Nach dem Putsch Zelaya will Marsch nach Honduras beginnen

Die Vermittlungen durch Costa Rica sind endgültig gescheitert - eine Lösung für die Krise in Honduras ist nicht in Sicht. Jetzt will der gestürzte Präsident Zelaya in seine Heimat zurückkehren. Die neue Regierung hat damit gedroht, ihn bei seiner Rückkehr festzunehmen.


San Jose - Der gestürzte honduranische Präsident Manuel Zelaya kündigte in der nicaraguanischen Hauptstadt Managua an, er werde am Donnerstag "ohne Waffen" nach Norden ziehen. "Morgen werde ich nach Esteli und Ocotal (im Norden von Nicaragua) gehen und am Tag darauf an die Grenze zu Honduras", sagte Zelaya. Unterdessen bekräftigte in Tegucigalpa die neuen Regierung, eine Rückkehr Zelayas nach Honduras nicht zu akzeptieren. Die Übergangsregierung hatte zuvor gedroht, Zelaya im Falle einer Heimkehr festnehmen zu lasse.

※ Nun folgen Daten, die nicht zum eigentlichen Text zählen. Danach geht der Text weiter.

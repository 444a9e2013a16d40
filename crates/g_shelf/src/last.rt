//! The last dump of a rack.
ghost use Rattle.std.specs.Prelude.{◌≡◌, ◌⊎◌, All, IfNone, IfOk, IfSome, OnErr, true};
ghost use Rattle.std.specs.Option.{option_copied};
ghost use Rattle.g_base.specs.Counts.{Rose};
ghost use Rattle.g_tape.specs.Reads.{OnlyReads};
ghost use Rattle.g_incr.specs.Reading.{HasReadDump};
ghost use Rattle.g_shelf.specs.LastDump.{HaveNone, IsLast, first_unmounted};
ghost use Rattle.g_shelf.specs.ReaderSteps.{later};

use crate::notes::completed;
use g_incr::{DumpNote, ShelfFault};
use g_tape::Tapes;
use std::alloc::Global;

/// The serial of the first reel that isn't mounted, if there is one.
pub fn first_unmounted<T: Tapes>(tapes: &T) -> Option<u32>
    ensures first { result ≡ first_unmounted (T.rack tapes.now).reels }
    ensures all { IfNone result (All (λ r. r.mounted ≡ true) (T.rack tapes.now).reels) }
{
    for i in 0..tapes.reels() {
        let serial = tapes.serial(i);
        if !tapes.mounted(serial) {
            return Some(serial);
        }
    }
    None
}

/// The completed dump with the greatest number on any reel, and the serial of its reel; among equal numbers, the one on the
/// first reel. `None` if and only if no reel has a completed dump. `ReadFault`, `NoMemory`; the content of the reels is
/// unchanged.
pub fn last_dump<T: Tapes>(
    alloc: Global,
    tapes: &mut T,
) -> Result<Option<(u32, DumpNote)>, ShelfFault>
    requires mounted { All (λ r. r.mounted ≡ true) (T.rack tapes.old).reels }
    ensures some { IfOk result (λ found. IfSome found (λ last. IsLast (T.rack tapes.old).reels last.0 last.1)) }
    ensures none { IfOk result (λ found. IfNone found (HaveNone (T.rack tapes.old).reels)) }
    ensures read { IfOk result (λ found. IfSome found (λ last. HasReadDump last.0 last.1 (T.rack tapes.old) (T.rack tapes.new))) }
    ensures only { OnlyReads (T.rack tapes.old) (T.rack tapes.new) }
    ensures faults { OnErr result ((result ≡ Err ShelfFault.ReadFault) ⊎ (result ≡ Err ShelfFault.NoMemory)) }
    ensures kept { (result ≡ Err ShelfFault.ReadFault → ⊥) → (T.rack tapes.new).read_faults ≡ (T.rack tapes.old).read_faults }
    ensures rose { result ≡ Err ShelfFault.ReadFault → Rose (T.rack tapes.old).read_faults (T.rack tapes.new).read_faults }
{
    let mut last = None;
    for i in 0..tapes.reels() {
        let serial = tapes.serial(i);
        // A `match`, since the proof names its arms (`in-Ok`, `in-Err`).
        match completed(alloc, tapes, serial) {
            Ok(notes) => last = later(last, serial, notes.last()),
            Err(fault) => return Err(fault),
        }
    }
    Ok(last)
}

/// The dump with the greater number of these two, or the first if they are equal.
fn later(
    last: Option<(u32, DumpNote)>,
    serial: u32,
    note: Option<&DumpNote>,
) -> Option<(u32, DumpNote)>
    ensures { result ≡ later last serial (option_copied note.entry) }
{
    match (last, note) {
        (last, None) => last,
        (None, Some(note)) => Some((serial, *note)),
        (Some((before, least)), Some(note)) => {
            if least.number < note.number {
                Some((serial, *note))
            } else {
                Some((before, least))
            }
        }
    }
}
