//! The completed dumps of a reel and of a rack, the last of them, and which writes of tape change them.
#![tactic(auto)]

mod copy;
mod last;
mod notes;
mod rack;
mod walk;

ghost use Rattle.g_shelf.specs.CompletedDumps.{CompletedAreOne};
ghost use Rattle.g_shelf.specs.HeldBlocks.{HeldInOne};
ghost use Rattle.g_shelf.specs.QuietWrites.{MarkCompletes, QuietBlocks};
ghost use Rattle.g_shelf.specs.Surviving.{BegunCompletesNothing, MarkCompletesOne};

pub use copy::{find_copy, holds, is_held};
pub use last::{first_unmounted, last_dump};
pub use notes::{completed, end_of};
pub use rack::{Listed, Notes};
pub use walk::{OfDump, next_dump, read_reel};

/// If a dump begins after the completed ones, then a write of its next block before the mark, failed or not, leaves the
/// completed dumps unchanged; and a write of its mark leaves them unchanged, or adds that dump.
#[tactic(auto, using(crate::proofs::QuietLemmas::quiet_blocks, crate::proofs::MarkLemmas::mark_completes))]
pub fn writes_of_dumps()
    ensures quiet { QuietBlocks }
    ensures mark { MarkCompletes }
{}

/// The blocks of a reel determine its completed dumps.
#[tactic(auto, using(crate::proofs::OneLemmas::completed_are_one))]
pub fn one_list_of_dumps()
    ensures one { CompletedAreOne }
{}

/// Consecutive held blocks lie in the content of one completed dump.
#[tactic(auto, using(crate::proofs::HeldLemmas::held_in_one))]
pub fn held_blocks_lie_in_one_dump()
    ensures one { HeldInOne }
{}

/// What a power loss leaves of a dump that is being written completes no dump but this one, and this one only if all of it but the mark is
/// durable.
pub fn power_losses()
    ensures begun { BegunCompletesNothing }
    ensures mark { MarkCompletesOne }
{}
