//! The walk over a reel's completed dumps, generic in what its caller collects from them.
ghost use Rattle.std.specs.Prelude.{◌≡◌, ◌+◌, ◌^◌, ◌<◌, ◌≤◌, IfNone, IfOk, IfSome, OnOk};
ghost use Rattle.std.specs.Option.{ForSome};
ghost use Rattle.g_tape.specs.Reads.{blocks_of};
ghost use Rattle.g_incr.specs.Layout.{Dump};
ghost use Rattle.g_incr.specs.Notes.{IsDirOf};
ghost use Rattle.g_incr.specs.Reading.{ReadsReel};
ghost use Rattle.g_shelf.specs.CompletedDumps.{IsNext};
ghost use Rattle.g_shelf.specs.Walk.{HasMore, IsNextDump};

use g_incr::{DumpDir, DumpNote, ShelfFault, read_dump};
use g_tape::Tapes;
use std::alloc::Global;

/// What a reader of a reel collects from each of its dumps.
pub trait OfDump {
    ghost is_of: { Self → Dump → Type 0 };

    /// The item for the dump with these records, which is on the reel with this serial.
    fn of_dump(serial: u32, dir: DumpDir) -> Self
        ensures { (d : Dump) → d.serial ≡ serial → IsDirOf d dir → is_of result d };
}

/// Appends an item for each completed dump of the reel (docs/FORMATS.md). These are the complete dumps that follow one
/// another from the reel's first block on, with increasing numbers. Only the records of one dump at a time are in memory,
/// and no content. `NoTape`, `NotMounted`, `ReadFault`, `NoMemory`; the reel's content is unchanged.
pub fn read_reel<T: Tapes, K: OfDump + Drop>(
    alloc: Global,
    tapes: &mut T,
    serial: u32,
    kept: &mut Vec<K>,
) -> Result<(), ShelfFault>
    ensures reads { ReadsReel serial result (T.rack tapes.old) (T.rack tapes.new) }
    ensures more { OnOk result (HasMore K.is_of serial kept.old.items kept.new.items (T.rack tapes.old) (T.rack tapes.new)) }
{
    let mut at = 0;
    let mut least = 0;
    loop {
        // A `match`, since the proof names its arms (`in-Ok`, `in-Err`).
        match next_dump(alloc, tapes, serial, at, least) {
            Ok(Some(dir)) => {
                at = end_block(&dir.note);
                least = dir.note.number + 1;
                match kept.push(K::of_dump(serial, dir)) {
                    Ok(()) => {}
                    Err(_) => return Err(ShelfFault::NoMemory),
                }
            }
            Ok(None) => return Ok(()),
            Err(fault) => return Err(fault),
        }
    }
}

/// The complete dump at block `at` of the reel, if its number is at least `least` (docs/FORMATS.md): the next one of a walk.
/// Its content isn't read. `NoTape`, `NotMounted`, `ReadFault`, `NoMemory`; the reel's content is unchanged.
pub fn next_dump<T: Tapes>(
    alloc: Global,
    tapes: &mut T,
    serial: u32,
    at: u32,
    least: u64,
) -> Result<Option<DumpDir>, ShelfFault>
    ensures reads { ReadsReel serial result (T.rack tapes.old) (T.rack tapes.new) }
    ensures some { IfOk result (λ found. IfSome found (IsNextDump serial at least (T.rack tapes.old) (T.rack tapes.new))) }
    ensures none { IfOk result (λ found. IfNone found (ForSome (blocks_of serial (T.rack tapes.old))
        (λ blocks. (d : Dump) → IsNext serial blocks at least d → ⊥))) }
    ensures low { IfOk result (λ found. IfSome found (λ dir. dir.note.place + dir.note.count + 2 ≤ 65536)) }
    ensures limit { IfOk result (λ found. IfSome found (λ dir. dir.note.number < 2 ^ 62)) }
{
    match read_dump(alloc, tapes, serial, at)? {
        Some(dir) => {
            if dir.note.number < least {
                Ok(None)
            } else {
                Ok(Some(dir))
            }
        }
        None => Ok(None),
    }
}

/// The block after the dump, which has two blocks more than its header counts.
pub(crate) fn end_block(note: &DumpNote) -> u32
    requires { note.now.place + note.now.count + 2 < 2 ^ 32 }
    ensures { result ≡ note.now.place + note.now.count + 2 }
{
    note.place + note.count + 2
}
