impl FrameTable {
    /// A table of that many frames, all of them free. It takes the memory of all rows, and touches none of them. A row
    /// brings its own bytes, so the size of a page does not matter to an empty table.
    pub fn new(alloc: Global, frames: u32, _page: u32) -> Result<FrameTable, AllocError>
        ensures { IfOk result (λ table. table ≡ replicate frames Free) }
    {
        let free = FreeIndex::new(alloc, frames as usize)?;
        let rows = Grown::new(alloc, frames as usize)?;
        let counts = Counts {
            overhead: 0,
            private: 0,
            shared: 0,
            free: frames,
        };
        Ok(FrameTable {
            rows,
            free,
            counts,
            known: KnownKeys::new(alloc),
            seen: Seen::new(alloc),
        })
    }

    /// How many frames there are.
    pub fn len(&self) -> u32
        ensures { result ≡ length self.now }
    {
        self.rows.len() as u32
    }

    /// The row of a frame; none past the end.
    pub fn get(&self, mpn: u32) -> Option<&FrameRow>
        ensures { option_copied result ≡ slice_get self.now mpn }
    {
        self.rows.get(mpn as usize)
    }

    /// The bytes of the page in a frame.
    pub fn bytes(&self, mpn: u32) -> &[u8]
        requires in_range { mpn < length self.now }
        requires holds { IsTrue (holds_bytes (frame_at self.now mpn)) }
        ensures { result.now ≡ bytes_of (frame_at self.now mpn) }
    {
        match self.rows.row(mpn as usize) {
            FrameRow::Private { bytes } => bytes.as_slice(),
            FrameRow::Shared { bytes, .. } => bytes.as_slice(),
            FrameRow::Free | FrameRow::Overhead => unreachable!(),
        }
    }

    /// The key of the page in a frame, where it is kept.
    pub fn known_key(&self, mpn: u32) -> Option<u64>
        ensures { IfSome result (λ key. key ≡ content_key (bytes_of (frame_at self.now mpn))) }
    {
        self.known.get(mpn)
    }

    /// The key of the page in a frame, where it is kept, or where that of a page with the same bytes is found.
    pub fn found_key(&self, mpn: u32) -> Option<u64>
        ensures { IfSome result (λ key. key ≡ content_key (bytes_of (frame_at self.now mpn))) }
    {
        if let Some(key) = self.known.get(mpn) {
            return Some(key);
        }
        let at = mpn as usize;
        let row = self.rows.get(at)?;
        self.seen.find(&self.rows, &self.known, bytes_of(row))
    }

    /// Keeps the key of a private page until its bytes change. It may take memory; where that is refused the key is not
    /// kept.
    pub fn learn_key(&mut self, mpn: u32)
        ensures { self.new ≡ self.old }
    {
        if self.known.get(mpn).is_some() {
            return;
        }
        let at = mpn as usize;
        if let Some(FrameRow::Private { bytes }) = self.rows.get(at) {
            if self.known.make_room(mpn) {
                let key = self
                    .seen
                    .key(&self.rows, &self.known, mpn, bytes.as_slice());
                self.known.keep(mpn, key);
            }
        }
    }

    /// How many frames there are of each kind.
    pub fn counts(&self) -> Counts
        ensures { result ≡ counts_of self.now }
    {
        self.counts
    }

    /// The least frame that is free; none where no frame is.
    pub fn least_free(&self) -> Option<u32>
        ensures { result ≡ least_frame self.now }
    {
        let mpn = self.free.least()?;
        Some(mpn as u32)
    }

    /// Puts a row into the least free frame. Where no frame is free the row comes back.
    pub fn take_least(&mut self, mut row: FrameRow) -> Result<u32, FrameRow>
        requires { row ≢ FrameRow.Free }

        // On `Ok` the row stands in the least free frame.
        ensures least { IfOk result (λ mpn. least_frame self.old ≡ Some mpn) }
        ensures rows { IfOk result (λ mpn. self.new ≡ slice_set self.old mpn row) }

        // Where no frame is free the row comes back, and nothing has changed.
        ensures full { OnErr result (least_frame self.old ≡ None) }
        ensures back { IfErr result (λ back. back ≡ row) }
        ensures unchanged { OnErr result (self.new ≡ self.old) }
    {
        let Some(mpn) = self.least_free() else {
            return Err(row);
        };
        self.swap_row(mpn, &mut row);
        Ok(mpn)
    }

    /// Exchanges a frame's row with the one that is handed over.
    pub fn swap_row(&mut self, mpn: u32, row: &mut FrameRow)
        requires { mpn < length self.old }
        ensures rows { self.new ≡ slice_set self.old mpn row.old }
        ensures row { row.new ≡ frame_at self.old mpn }
    {
        let at = mpn as usize;
        let there = self.rows.row_mut(at);
        self.counts.remove(there);
        self.counts.add(row);
        let free = row.is_free();
        if free != there.is_free() {
            self.free.set(at, free);
        }
        self.known.forget(mpn);
        mem::swap(there, row);
    }

    /// Trades a frame's row with the one that is handed over. Past the end nothing changes.
    pub fn trade(&mut self, mpn: u32, row: &mut FrameRow)
        ensures rows { self.new ≡ slice_set self.old mpn row.old }
        ensures row { row.new ≡ slice_index_or self.old mpn row.old }
    {
        if mpn < self.len() {
            self.swap_row(mpn, row);
        }
    }

    /// Trades bytes with as many of the page in a frame, from byte `offset` on. Where no page is, or
    /// where they do not fit, nothing changes.
    pub fn trade_bytes(&mut self, mpn: u32, offset: u32, bytes: &mut SmallBytes)
        ensures rows { self.new ≡ (bytes_traded_at mpn offset self.old bytes.old).0 }
        ensures bytes { bytes.new ≡ (bytes_traded_at mpn offset self.old bytes.old).1 }
    {
        if mpn < self.len() {
            self.known.forget(mpn);
            trade_bytes(self.rows.row_mut(mpn as usize), offset as usize, bytes);
        }
    }

    /// Trades the mark of a page in a frame, and leaves its bytes. Where no page is nothing changes.
    pub fn trade_mark(&mut self, mpn: u32, mark: &mut Mark)
        ensures rows { self.new ≡ (mark_traded_at mpn self.old mark.old).0 }
        ensures mark { mark.new ≡ (mark_traded_at mpn self.old mark.old).1 }
    {
        let at = mpn as usize;
        if at < self.rows.len() {
            let there = self.rows.row_mut(at);
            self.counts.remove(there);
            trade_mark(there, mark);
            self.counts.add(there);
        }
    }

    /// Trades the page of a private frame, or none, for the page of a slot, or none, and copies no
    /// byte. Where the frame is overhead or shared, and past the end, nothing changes.
    pub fn trade_slot(&mut self, mpn: u32, slot: &mut SlotRow)
        ensures rows { self.new ≡ (slot_traded_at mpn self.old slot.old).0 }
        ensures slot { slot.new ≡ (slot_traded_at mpn self.old slot.old).1 }
    {
        let _moved = self.move_pages(mpn, slot);
    }

    /// The same, and the keys go along with their pages: `key` is that of the page of the slot, where it is kept, and what
    /// comes back is that of the page that is in the slot then.
    pub fn trade_slot_and_key(
        &mut self,
        mpn: u32,
        slot: &mut SlotRow,
        key: Option<u64>,
    ) -> Option<u64>
        requires { IfSome key (λ key. key ≡ content_key (held_bytes slot.old)) }
        ensures rows { self.new ≡ (slot_traded_at mpn self.old slot.old).0 }
        ensures slot { slot.new ≡ (slot_traded_at mpn self.old slot.old).1 }
        ensures key { IfSome result (λ key. key ≡ content_key (held_bytes slot.new)) }
    {
        let kept = self.known_key(mpn);
        if !self.move_pages(mpn, slot) {
            return key;
        }
        if let Some(key) = key {
            self.keep_key(mpn, key);
        }
        kept
    }

    /// The same trade, and whether it moved the page of the frame, or none, and that of the slot. The row stays in its place,
    /// and where nothing moves no row is touched.
    fn move_pages(&mut self, mpn: u32, slot: &mut SlotRow) -> bool
        ensures rows { self.new ≡ (slot_traded_at mpn self.old slot.old).0 }
        ensures slot { slot.new ≡ (slot_traded_at mpn self.old slot.old).1 }
        ensures moved { result ≡ moves_at mpn self.old }
    {
        if !self.moves_at(mpn) {
            return false;
        }
        let at = mpn as usize;
        let there = self.rows.row_mut(at);
        let was = there.is_free();
        self.counts.remove(there);
        trade_slot(there, slot);
        self.counts.add(there);
        let is = there.is_free();
        if is != was {
            self.free.set(at, is);
        }
        self.known.forget(mpn);
        true
    }

    /// Does a trade with a slot move pages there?
    fn moves_at(&self, mpn: u32) -> bool
        ensures { result ≡ moves_at mpn self.now }
    {
        match self.get(mpn) {
            Some(row) => moves(row),
            None => false,
        }
    }

    /// Keeps the key of the page in a frame, where there is room for it.
    fn keep_key(&mut self, mpn: u32, key: u64)
        requires { key ≡ content_key (bytes_of (frame_at self.old mpn)) }
        ensures { self.new ≡ self.old }
    {
        self.known.keep(mpn, key);
    }

    /// Counts one more page that is mapped to a shared frame.
    pub fn add_ref(&mut self, mpn: u32)
        requires in_range { mpn < length self.old }
        requires shared { 1 ≤ ref_count (frame_at self.old mpn) }
        requires room { ref_count (frame_at self.old mpn) + 1 < 2 ^ 32 }
        ensures { let row = frame_at self.old mpn in
            self.new ≡ slice_set self.old mpn (with_count row (ref_count row + 1)) }
    {
        match self.rows.row_mut(mpn as usize) {
            FrameRow::Shared { count, .. } => *count += 1,
            _ => unreachable!(),
        }
    }

    /// Counts one page less, and gives the new count. At 0 the caller frees the frame by `swap_row`.
    pub fn drop_ref(&mut self, mpn: u32) -> u32
        requires in_range { mpn < length self.old }
        requires shared { 1 ≤ ref_count (frame_at self.old mpn) }
        ensures count { result + 1 ≡ ref_count (frame_at self.old mpn) }
        ensures rows { self.new ≡ slice_set self.old mpn (with_count (frame_at self.old mpn) result) }
    {
        match self.rows.row_mut(mpn as usize) {
            FrameRow::Shared { count, .. } => {
                let left = *count - 1;
                *count = left;
                left
            }
            _ => unreachable!(),
        }
    }
}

Gestürzter Präsident Zelaya: Hat seine Rückkehr angekündigt
AP

Gestürzter Präsident Zelaya: Hat seine Rückkehr angekündigt

Unterdessen sind die Vermittlungsbemühungen des costaricanischen Präsidenten Oscar Arias zur Beilegung der Staatskrise ohne Ergebnis geblieben. Zelaya bezeichnete den Vermittlungsversuch Arias' als "vollkommen gescheitert". Ähnlich äußerte sich ein ranghoher Vertreter der international nicht anerkannten Übergangsregierung von Roberto Micheletti.

Arias warnte bei der Vorstellung eines elf Punkte umfassenden Plans am Mittwoch in San José, dies sei seine letzte Initiative. Er hatte noch einmal vorgeschlagen, den am 28. Juni entmachteten Zelaya wieder in sein Amt einzusetzen und die für November geplanten Wahlen vorzuziehen. Allerdings müsse Zelaya auf eine Wiederwahl verzichten.

Arias sagte, die Parteien hätten bis zu acht Tagen Zeit, den Vorschlag zu überdenken. Dann werde sein Auftrag zu einer Vermittlung enden.

"Ich werde nie die Hoffnung verlieren, dass eines Tages ein Dialog zwischen den Honduranern möglich wird", sagte er. Er warnte davor, dass die Regierung Micheletti dem Land großen Schaden zufüge. Sie sei international isoliert wie Nordkorea oder Albanien, fügt er hinzu.

Zelaya war nach dem erbitterten Streit um das Referendum am 28. Juni aus dem Amt geputscht worden.